Uruguay – a “New Life” restarts here

 

I am in front of a blank page, trying to express with words the experiences that I lived in Uruguay.

I am Elisa, I am 20 years old and in the beginning of May 2019 I went to Montevideo, Uruguay with
the milONGa  project.

A small backpack on my back, a suitcase with the bare minimum and a notebook in which I would write my thoughts, my emotions…

Before leaving I did not know what to expect, but I also did not want to make big expectations, to
avoid disillusionment and not be able to meet those expectations, after living this experience likethe one I had to live. I then left with the only wish of loving and giving myself to everything.
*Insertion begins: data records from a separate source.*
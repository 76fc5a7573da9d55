//! The program's arguments.
ghost use Rattle.std.specs.Prelude.{◌≡◌};
ghost use Rattle.tinyjson_cli.specs.Arguments.{given_of};
ghost use Rattle.json_part.specs.Options.{form_asked};

use crate::part::Form;
use tinyjson_cli::{Arguments, Known};

/// `-n` and `--null`.
pub const NULL: Known<'static> = Known {
    letter: b'n',
    name: "null",
    takes: None,
};

/// How the parts are printed: by `-i`, `-r` and `-n`.
pub fn form_asked(arguments: &Arguments<'_>) -> Form
    ensures { result ≡ form_asked (given_of arguments.now) }
{
    Form {
        is_indented: arguments.has(b'i'),
        is_raw: arguments.has(b'r'),
        or_null: arguments.has(b'n'),
    }
}
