//! What a source reads at once, if it has its characters in memory: escapes and numbers.
ghost use Rattle.std.specs.Prelude.{ℕ, ◌<◌, ◌≤◌, List, [], false, IfSome, MatchResult, Option};
ghost use Rattle.tinyjson_grammar.specs.Machine.{Frame};
ghost use Rattle.tinyjson_tokens.specs.Numerals.{TakesNumber};
ghost use Rattle.tinyjson_tokens.specs.Steps.{Halts, Leads, within};

use crate::cursor::Characters;
use crate::source::Source;
use std::alloc::{AllocError, Global};
use tinyjson_number::JsonNumber;

/// A source of which the parser reads.
pub trait Tokens: Source {
    /// Within a string, with no unit waiting, after plain characters: takes escapes that spell a character at
    /// once, and plain characters, and adds what they stand for. Where memory runs out, some may be taken.
    fn escaped(&mut self, string: &mut String) -> Result<(), AllocError>
        ensures reads { (limit : Option ℕ) (fs : List Frame) → MatchResult result
            (λ _. Leads Self.sight limit self.old (within fs string.old [] false)
            self.new (within fs string.new [] false))
            (λ _. Halts Self.sight limit self.old (within fs string.old [] false) self.new) }
        ensures left { Self.left self.new ≤ Self.left self.old }
    {
        self.plain(string)
    }

    /// The number that comes next, and the source after it, if this source finds it at once, it is in range, and there
    /// is memory for it. It may find none. With `by_text` a short number whose text is normal need not be made: then it
    /// is `None`, and its text is lent.
    fn ready_number(&self, alloc: Global, by_text: bool) -> Option<(Option<JsonNumber>, Self)>
        ensures takes { IfSome result
            (λ r. TakesNumber Self.sight Self.lent self.now r.0 r.1) }
        ensures left { IfSome result (λ r. Self.left r.1 < Self.left self.now) }
    {
        None
    }
}

impl<I: Iterator<Item = char>> Tokens for Characters<I> {}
After leaving the airport in Montevideo, I was  received with great joy by the family that was going to
host me. With their affection I didn’t even have the time of feeling uncomfortable or missing my home. The family was a fundamental part of this experience: they took me in, put up with me, helped me, and made me feel loved for who I am. For me, the oldest daughter’s presence, Agustina, was very important because I shared a lot with her and built a beautiful relationship.

During my stay, I carried out my volunteer service supporting the teachers and educators in diverse activities that were carried out at the Centro Nueva Vida, a center that takes in children from the ages of 2 through 18 with family situations and social difficulties, and provides for them a place where they can learn, have fun, be together, and grow.

The first obstacle that I encountered was the language; not knowing Spanish well enough for the first weeks was very difficult making myself be understood, and communicating with people, but at the same time it was beautiful and fun because through phrases and gestures, everyone tried to help me and taught me the language.

The alarm goes off at 7:30 am on the second day; I eagerly eat breakfast, take a hot shower, I put on my backpack…we head off to Centro Nueva Vida.

That Monday I would start my service…I still remember my emotion and thoughts that were running through my head: Will I meet all expectations? Will I be able to do everything they ask of me? Will they accept me? But at the same time I couldn’t wait to start.

I can’t deny that in the beginning I was a bit confused, but later on I found my place and was able to see where they really needed my help.

I had the opportunity of sharing with the youngest children between the ages of 2 and 3, as well ass the oldest, between the ages of 6 through 12. They were all different, but had the same need of feeling loved.

I am always astonished how with children it doesn’t matter the language in which you speak if we force ourselves to speak with our heart, with actions and with our gaze. Everything else comes by
itself, and when they trust you, you know they decided to trust in you.

Many of them were with dirty clothes, they had a strong smell, a lot of the girls had lice…but this
did not take away my desire of being with them, playing with then and loving them.

I learned the meaning of understanding, tolerance, patience and solidarity. I took away my prejudices and fears, and I learned how to live with serenity.

They taught me the meaning, which I had lost, of the small things, the importance of being happy and the simplicity and value of relationships.

I still remember all of their questions, curious in knowing me better and learning more about me:
Where do you come? How is your city? How many siblings do you have? Do you like this place?
Why did you come to Uruguay?

It was nice to see how they looked for me, and how they greeted me when I would arrive or leave: a small gesture that for me meant a lot.

I learned a lot about the Uruguayan culture and I was able to submerge myself to the point where
everyone called me “Uruguaya.”

I also discovered that the greater part of the Uruguayan population is of Italian origin: during the crisis and migrations, a lot of Italians settled in Latin America and above all in Uruguay. It was an opportunity to reflect a lot and think that my country has lived through years of hardship of migrations and that for a long time Italians were the foreigners.

Having made this type of experiences and studying the history s how one learns to be more open minded and tolerant with others, including with the person who is different and comes from afar.

It is true that as a volunteer you do not receive a material payment, but the emotions, the children’s
stares, their embraces, smiles, games and jokes, the affection of the people who are near…I am sure that it is the best recompense that one can receive and want.
And I will cherish these gifts in my heart forever.

And to conclude I can only say:

Thank you for everything Uruguay, we will meet again!